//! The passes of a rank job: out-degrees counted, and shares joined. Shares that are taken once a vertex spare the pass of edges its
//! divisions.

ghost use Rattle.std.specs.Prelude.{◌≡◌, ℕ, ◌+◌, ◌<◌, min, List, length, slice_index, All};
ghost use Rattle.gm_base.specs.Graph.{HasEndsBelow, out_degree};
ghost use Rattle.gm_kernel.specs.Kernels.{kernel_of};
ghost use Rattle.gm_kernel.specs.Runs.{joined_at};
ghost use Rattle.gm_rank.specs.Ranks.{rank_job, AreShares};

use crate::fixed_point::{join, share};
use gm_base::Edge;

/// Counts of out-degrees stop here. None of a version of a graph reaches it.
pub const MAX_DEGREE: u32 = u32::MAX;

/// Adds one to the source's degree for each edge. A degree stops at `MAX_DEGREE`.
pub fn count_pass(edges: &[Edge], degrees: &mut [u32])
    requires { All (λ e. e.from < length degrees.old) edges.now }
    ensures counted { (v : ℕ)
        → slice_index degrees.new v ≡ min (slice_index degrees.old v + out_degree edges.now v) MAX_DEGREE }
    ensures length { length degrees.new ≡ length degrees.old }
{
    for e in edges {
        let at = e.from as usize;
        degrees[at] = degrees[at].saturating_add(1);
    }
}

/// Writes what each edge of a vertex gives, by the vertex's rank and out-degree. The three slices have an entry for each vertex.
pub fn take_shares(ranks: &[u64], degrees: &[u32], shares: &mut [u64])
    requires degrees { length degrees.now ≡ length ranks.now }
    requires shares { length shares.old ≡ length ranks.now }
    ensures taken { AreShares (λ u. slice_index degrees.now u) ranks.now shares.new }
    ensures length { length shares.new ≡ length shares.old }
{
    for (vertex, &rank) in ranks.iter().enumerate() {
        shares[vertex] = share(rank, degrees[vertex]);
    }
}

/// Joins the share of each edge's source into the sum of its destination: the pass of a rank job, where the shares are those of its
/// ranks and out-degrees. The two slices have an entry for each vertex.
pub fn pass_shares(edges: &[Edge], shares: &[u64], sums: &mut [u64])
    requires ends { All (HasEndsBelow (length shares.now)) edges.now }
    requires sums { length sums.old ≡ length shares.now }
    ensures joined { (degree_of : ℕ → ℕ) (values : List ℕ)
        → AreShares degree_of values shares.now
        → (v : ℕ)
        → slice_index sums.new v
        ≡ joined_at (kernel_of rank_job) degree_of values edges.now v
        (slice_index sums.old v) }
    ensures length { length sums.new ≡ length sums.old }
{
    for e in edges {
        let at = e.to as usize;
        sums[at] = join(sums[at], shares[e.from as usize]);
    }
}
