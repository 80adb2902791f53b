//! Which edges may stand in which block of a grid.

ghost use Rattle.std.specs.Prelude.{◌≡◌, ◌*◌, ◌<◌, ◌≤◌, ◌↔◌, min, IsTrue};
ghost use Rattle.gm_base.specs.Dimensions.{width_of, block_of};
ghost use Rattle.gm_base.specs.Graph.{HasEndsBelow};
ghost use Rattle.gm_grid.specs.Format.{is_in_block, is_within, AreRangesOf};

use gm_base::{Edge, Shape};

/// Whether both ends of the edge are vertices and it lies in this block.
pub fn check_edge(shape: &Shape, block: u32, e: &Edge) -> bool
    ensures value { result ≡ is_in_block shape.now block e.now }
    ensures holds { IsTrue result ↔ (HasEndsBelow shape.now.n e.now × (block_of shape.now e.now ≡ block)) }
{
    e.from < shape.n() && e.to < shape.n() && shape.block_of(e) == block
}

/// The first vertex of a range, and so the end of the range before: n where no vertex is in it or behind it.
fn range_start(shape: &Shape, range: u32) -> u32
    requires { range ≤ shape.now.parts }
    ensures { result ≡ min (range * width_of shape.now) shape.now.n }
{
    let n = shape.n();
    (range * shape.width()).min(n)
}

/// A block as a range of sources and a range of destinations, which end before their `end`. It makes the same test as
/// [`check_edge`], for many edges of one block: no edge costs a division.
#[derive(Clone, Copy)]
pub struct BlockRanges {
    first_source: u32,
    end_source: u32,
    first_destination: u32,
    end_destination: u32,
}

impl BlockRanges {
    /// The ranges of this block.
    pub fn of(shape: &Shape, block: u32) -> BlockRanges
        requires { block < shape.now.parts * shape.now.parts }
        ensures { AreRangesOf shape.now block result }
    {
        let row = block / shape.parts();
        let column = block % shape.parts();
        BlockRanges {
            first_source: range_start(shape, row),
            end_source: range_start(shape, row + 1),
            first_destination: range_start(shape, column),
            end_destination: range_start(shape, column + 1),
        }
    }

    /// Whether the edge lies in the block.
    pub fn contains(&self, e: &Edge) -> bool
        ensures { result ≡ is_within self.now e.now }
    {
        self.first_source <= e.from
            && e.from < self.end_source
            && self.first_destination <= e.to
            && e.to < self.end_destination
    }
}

-------------------------

- ACTIVITY -
Keep only the lines from the line with "same test as" to the end of the records above, and repeat them exactly.

- EXPECTED ANSWER -
/// A block as a range of sources and a range of destinations, which end before their `end`. It makes the same test as
/// [`check_edge`], for many edges of one block: no edge costs a division.
#[derive(Clone, Copy)]
pub struct BlockRanges {
    first_source: u32,
    end_source: u32,
    first_destination: u32,
    end_destination: u32,
}

impl BlockRanges {
    /// The ranges of this block.
    pub fn of(shape: &Shape, block: u32) -> BlockRanges
        requires { block < shape.now.parts * shape.now.parts }
        ensures { AreRangesOf shape.now block result }
    {
        let row = block / shape.parts();
        let column = block % shape.parts();
        BlockRanges {
            first_source: range_start(shape, row),
            end_source: range_start(shape, row + 1),
            first_destination: range_start(shape, column),
            end_destination: range_start(shape, column + 1),
        }
    }

    /// Whether the edge lies in the block.
    pub fn contains(&self, e: &Edge) -> bool
        ensures { result ≡ is_within self.now e.now }
    {
        self.first_source <= e.from
            && e.from < self.end_source
            && self.first_destination <= e.to
            && e.to < self.end_destination
    }
}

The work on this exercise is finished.